Technique of robustly estimating geometric models (homographies, fundamental matrices) from noisy feature correspondences while identifying inliers and outliers.

Description

Feature matching inevitably produces outlier (incorrect) correspondences. RANSAC (Random Sample Consensus) robustly estimates a geometric model by: (1) randomly sampling minimal sets of correspondences, (2) fitting a model (e.g., homography from 4 point pairs), (3) scoring the model by counting inlier correspondences (within distance threshold), (4) iterating to find the best model. Local optimization refines the best model using all inliers. The algorithm outputs both the estimated model and an inlier mask for downstream use.

Usage

Use after feature matching to filter outlier matches and estimate geometric transformations between images.

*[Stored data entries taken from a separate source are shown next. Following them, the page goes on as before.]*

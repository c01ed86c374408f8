//! The classes of the stacks of a host, found one after another.

ghost use Rattle.std.specs.Prelude.{◌≡◌, ◌∷◌, ◌++◌, [], IfNone, IfOk, IfSome, IsTrue, OnOk, length, slice_get};
ghost use Rattle.pam_compare.specs.Same.{AreSame};
ghost use Rattle.pam_conf.specs.Stack.{module_count};
ghost use Rattle.pam_facts.specs.known.Knowledge.{Agree};
ghost use Rattle.pam_paths.specs.Known.{may_answer};
ghost use Rattle.pam_policy.specs.host.HostStacks.{HasGraph};
ghost use Rattle.pam_policy.specs.host.inner.Classes.{Adds, AreFound, Holds, HoldsAt, IsLarge, IsLargeClass, IsLikeLarge, Refuses, RefusesAt};
ghost use Rattle.pam_policy.specs.search.Witness.{IsGraphOf};

use crate::host::answers::are_same_answers;
use crate::host::stacks::{ClassStack, KnownStack, StackClass};
use crate::search::laws::graphs;
use indexmap::IndexMap;
use pam_codes::{CODES, Code, CodeSet};
use pam_compare::{Digest, are_same_stacks};
use pam_conf::{ConfError, Kind, Stack};
use pam_dispatch::Program;
use pam_graph::{Graph, GraphError};
use pam_paths::{Knowledge, Known};
use std::alloc::{AllocError, Global};

/// A stack of a kind, and the answers that its modules may give.
#[derive(Drop)]
pub(crate) struct Answered {
    pub(crate) kind: Kind,
    pub(crate) stack: Stack,
    pub(crate) known: Known,
}

/// A stack whose runs are too many, with its class.
#[derive(Drop)]
struct LargeStack {
    answered: Answered,
    class: usize,
}

/// The classes that are found so far.
#[derive(Drop)]
pub(crate) struct Classes {
    pub(crate) classes: Vec<StackClass>,
    /// Those that are too large. A class does not keep their stacks.
    large: Vec<LargeStack>,
    /// By the digest of a stack, the position of its class. It is a hint: what is there is compared before it is used.
    by_digest: IndexMap<u64, usize>,
    /// The same, of positions in `large`.
    large_by_digest: IndexMap<u64, usize>,
}

fn add_codes(digest: &mut Digest, codes: CodeSet) {
    for number in 0..CODES as u8 {
        if let Some(code) = Code::new(number) {
            digest.add(u64::from(codes.contains(code)));
        }
    }
}

/// A digest of a stack, by which an equal one is found again.
fn digest_of(answered: &Answered) -> u64 {
    let mut digest = Digest::new();
    digest.add_kind(answered.kind);
    digest.add_stack(&answered.stack);
    for index in 0..answered.stack.modules() {
        add_codes(&mut digest, answered.known.allowed(index + 1));
    }
    digest.value()
}

/// A digest of a fault.
fn digest_of_fault(kind: Kind, fault: ConfError) -> u64 {
    let mut digest = Digest::new();
    digest.add_kind(kind);
    digest.add(fault.line as u64);
    if let Some(file) = fault.at {
        digest.add(file as u64);
    }
    digest.value()
}

/// The graph of a stack with the answers of its modules; `None` if it would have too many nodes.
fn graph_of(alloc: Global, answered: &Answered) -> Result<Option<Graph>, AllocError>
    ensures graph { IfOk result (λ graph. IfSome graph (IsGraphOf (may_answer answered.now.known) answered.now.stack)) }
    ensures large { IfOk result (λ graph. IfNone graph (IsLarge answered.now)) }
{
    graphs();
    // The items say that the modules are numbered.
    let _items = answered.stack.items();
    let program = match Program::of(alloc, &answered.stack) {
        Ok(program) => program,
        Err(_) => return Err(AllocError),
    };
    match Graph::of(alloc, &program, &answered.known) {
        Ok(graph) => {
            // The nodes say that each comes after those to which its edges lead.
            let _nodes = graph.nodes();
            Ok(Some(graph))
        }
        Err(GraphError::TooManyNodes) => Ok(None),
        Err(GraphError::Memory) => Err(AllocError),
    }
}

/// The class of a stack with its runs.
fn with_graph(answered: Answered, graph: Graph) -> StackClass
    requires { IsGraphOf (may_answer answered.known) answered.stack graph }
    ensures holds { Holds answered result }
    ensures graph { HasGraph result }
{
    let Answered { kind, stack, known } = answered;
    StackClass {
        kind,
        stack: ClassStack::Known(KnownStack {
            stack,
            known,
            graph,
        }),
    }
}

/// The class of a stack whose runs are too many.
fn without_graph(answered: &Answered) -> StackClass
    requires { IsLarge answered.now }
    ensures holds { Holds answered.now result }
    ensures graph { HasGraph result }
{
    StackClass {
        kind: answered.kind,
        stack: ClassStack::TooLarge,
    }
}

/// The class of a stack, of which no other is known.
pub(crate) fn alone(alloc: Global, answered: Answered) -> Result<StackClass, AllocError>
    ensures { IfOk result (Holds answered) }
{
    match graph_of(alloc, &answered)? {
        Some(graph) => Ok(with_graph(answered, graph)),
        None => Ok(without_graph(&answered)),
    }
}

/// Whether two stacks have the same items, and their modules the same answers.
fn are_alike(stack: &Stack, known: &Known, other: &Answered) -> bool
    ensures same { IsTrue result → AreSame stack.now other.now.stack }
    ensures agree { IsTrue result → Agree (module_count other.now.stack) (may_answer known.now) (may_answer other.now.known) }
{
    are_same_stacks(stack, &other.stack)
        && are_same_answers(known, &other.known, other.stack.modules())
}

/// Whether a class is that of a stack, and its runs are not too many.
fn is_known_class(class: &StackClass, answered: &Answered) -> bool
    ensures { IsTrue result → HasGraph class.now → Holds answered.now class.now }
{
    match &class.stack {
        ClassStack::Known(known) => {
            class.kind == answered.kind && are_alike(&known.stack, &known.known, answered)
        }
        ClassStack::Refused(_) | ClassStack::TooLarge => false,
    }
}

/// Whether a class is that of the stacks of a kind that are refused for this fault.
fn is_refused_class(class: &StackClass, kind: Kind, fault: ConfError) -> bool
    ensures { IsTrue result → Refuses kind fault class.now }
{
    match &class.stack {
        ClassStack::Refused(other) => class.kind == kind && *other == fault,
        ClassStack::TooLarge | ClassStack::Known(_) => false,
    }
}

/// Whether a class is that of the stacks of a kind that are too large.
fn is_large_class(class: &StackClass, kind: Kind) -> bool
    ensures { IsTrue result → IsLargeClass kind class.now }
{
    match &class.stack {
        ClassStack::TooLarge => class.kind == kind,
        ClassStack::Refused(_) | ClassStack::Known(_) => false,
    }
}

impl Classes {
    pub(crate) fn none(alloc: Global) -> Classes
        ensures classes { result.classes.items ≡ [] }
        ensures found { AreFound result }
    {
        Classes {
            classes: Vec::new(alloc),
            large: Vec::new(alloc),
            by_digest: IndexMap::new(alloc),
            large_by_digest: IndexMap::new(alloc),
        }
    }

    /// The class at the position for a digest.
    fn hinted(&self, digest: u64) -> Option<usize> {
        match self.by_digest.get(&digest) {
            Some(position) => Some(*position),
            None => None,
        }
    }

    /// The class of a stack whose runs are not too many, if it is found.
    fn find_known(&self, answered: &Answered, digest: u64) -> Option<usize>
        ensures { AreFound self.now → IfSome result (λ k. HoldsAt answered.now (slice_get self.now.classes.items k)) }
    {
        let position = self.hinted(digest)?;
        let class = self.classes.get(position)?;
        if is_known_class(class, answered) {
            return Some(position);
        }
        None
    }

    /// The class of the stacks of a kind that are refused for a fault, if it is found.
    fn find_refused(&self, kind: Kind, fault: ConfError, digest: u64) -> Option<usize>
        ensures { IfSome result (λ k. RefusesAt kind fault (slice_get self.now.classes.items k)) }
    {
        let position = self.hinted(digest)?;
        let class = self.classes.get(position)?;
        if is_refused_class(class, kind, fault) {
            return Some(position);
        }
        None
    }

    /// The large stack at the position for a digest, if it has the same items and answers.
    fn hinted_large(&self, answered: &Answered, digest: u64) -> Option<&LargeStack>
        ensures { AreFound self.now → IfSome result (λ _. IsLikeLarge answered.now) }
    {
        let position = match self.large_by_digest.get(&digest) {
            Some(position) => *position,
            None => return None,
        };
        let large = self.large.get(position)?;
        if are_alike(&large.answered.stack, &large.answered.known, answered) {
            return Some(large);
        }
        None
    }

    /// The class of a stack that is too large, if it is found.
    fn find_large(&self, answered: &Answered, digest: u64) -> Option<usize>
        ensures { AreFound self.now → IfSome result (λ k. HoldsAt answered.now (slice_get self.now.classes.items k)) }
    {
        let large = self.hinted_large(answered, digest)?;
        let class = self.classes.get(large.class)?;
        if is_large_class(class, answered.kind) {
            return Some(large.class);
        }
        None
    }

    /// Adds a class. Returns its position.
    fn push(&mut self, class: StackClass, digest: u64) -> Result<usize, AllocError>
        ensures classes { OnOk result (self.new.classes.items ≡ self.old.classes.items ++ class ∷ []) }
        ensures large { OnOk result (self.new.large.items ≡ self.old.large.items) }
        ensures position { IfOk result (λ k. k ≡ length self.old.classes.items) }
    {
        let position = self.classes.len();
        self.classes.push(class)?;
        self.by_digest.insert(digest, position)?;
        Ok(position)
    }

    /// Adds the class of a stack with its graph.
    fn add_known(
        &mut self,
        answered: Answered,
        graph: Graph,
        digest: u64,
    ) -> Result<usize, AllocError>
        requires { IsGraphOf (may_answer answered.known) answered.stack graph }
        ensures adds { OnOk result (Adds self.old self.new) }
        ensures class { IfOk result (λ k. HoldsAt answered (slice_get self.new.classes.items k)) }
    {
        let class = with_graph(answered, graph);
        let position = self.push(class, digest)?;
        Ok(position)
    }

    /// Adds the class of a stack whose runs are too many.
    fn add_large(&mut self, answered: Answered, digest: u64) -> Result<usize, AllocError>
        requires { IsLarge answered }
        ensures adds { OnOk result (Adds self.old self.new) }
        ensures class { IfOk result (λ k. HoldsAt answered (slice_get self.new.classes.items k)) }
    {
        let class = self.push(without_graph(&answered), digest)?;
        let position = self.large.len();
        self.large.push(LargeStack { answered, class })?;
        self.large_by_digest.insert(digest, position)?;
        Ok(class)
    }

    /// Adds the class of a stack.
    fn add(&mut self, alloc: Global, answered: Answered, digest: u64) -> Result<usize, AllocError>
        ensures adds { OnOk result (Adds self.old self.new) }
        ensures class { IfOk result (λ k. HoldsAt answered (slice_get self.new.classes.items k)) }
    {
        match graph_of(alloc, &answered)? {
            Some(graph) => self.add_known(answered, graph, digest),
            None => self.add_large(answered, digest),
        }
    }

    /// The class of a stack with its answers, which is added if there is none.
    pub(crate) fn class_of(
        &mut self,
        alloc: Global,
        answered: Answered,
    ) -> Result<usize, AllocError>
        ensures adds { OnOk result (Adds self.old self.new) }
        ensures class { AreFound self.old → IfOk result (λ k. HoldsAt answered (slice_get self.new.classes.items k)) }
    {
        let digest = digest_of(&answered);
        if let Some(class) = self.find_known(&answered, digest) {
            return Ok(class);
        }
        if let Some(class) = self.find_large(&answered, digest) {
            return Ok(class);
        }
        self.add(alloc, answered, digest)
    }

    /// The class of the stacks of a kind that are refused for a fault, which is added if there is none.
    pub(crate) fn class_refused(
        &mut self,
        kind: Kind,
        fault: ConfError,
    ) -> Result<usize, AllocError>
        ensures adds { OnOk result (Adds self.old self.new) }
        ensures class { IfOk result (λ k. RefusesAt kind fault (slice_get self.new.classes.items k)) }
    {
        let digest = digest_of_fault(kind, fault);
        if let Some(class) = self.find_refused(kind, fault, digest) {
            return Ok(class);
        }
        let class = StackClass {
            kind,
            stack: ClassStack::Refused(fault),
        };
        let position = self.push(class, digest)?;
        Ok(position)
    }
}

Essential for image stitching, visual localization, and multi-view geometry.

Theoretical Basis

RANSAC algorithm:

For i in 1..max_iter:

  1. Sample minimal_sample_size points.
  2. Fit model M_i.
  3. Count inliers: |{j : error(M_i, (p1_j, p2_j)) < threshold}|.
  4. If best, polish with all inliers.
  5. Early stop if confidence reached: k = log(1 - p) / log(1 - (w^n)), where w = inlier_ratio, n = sample_size, p = confidence.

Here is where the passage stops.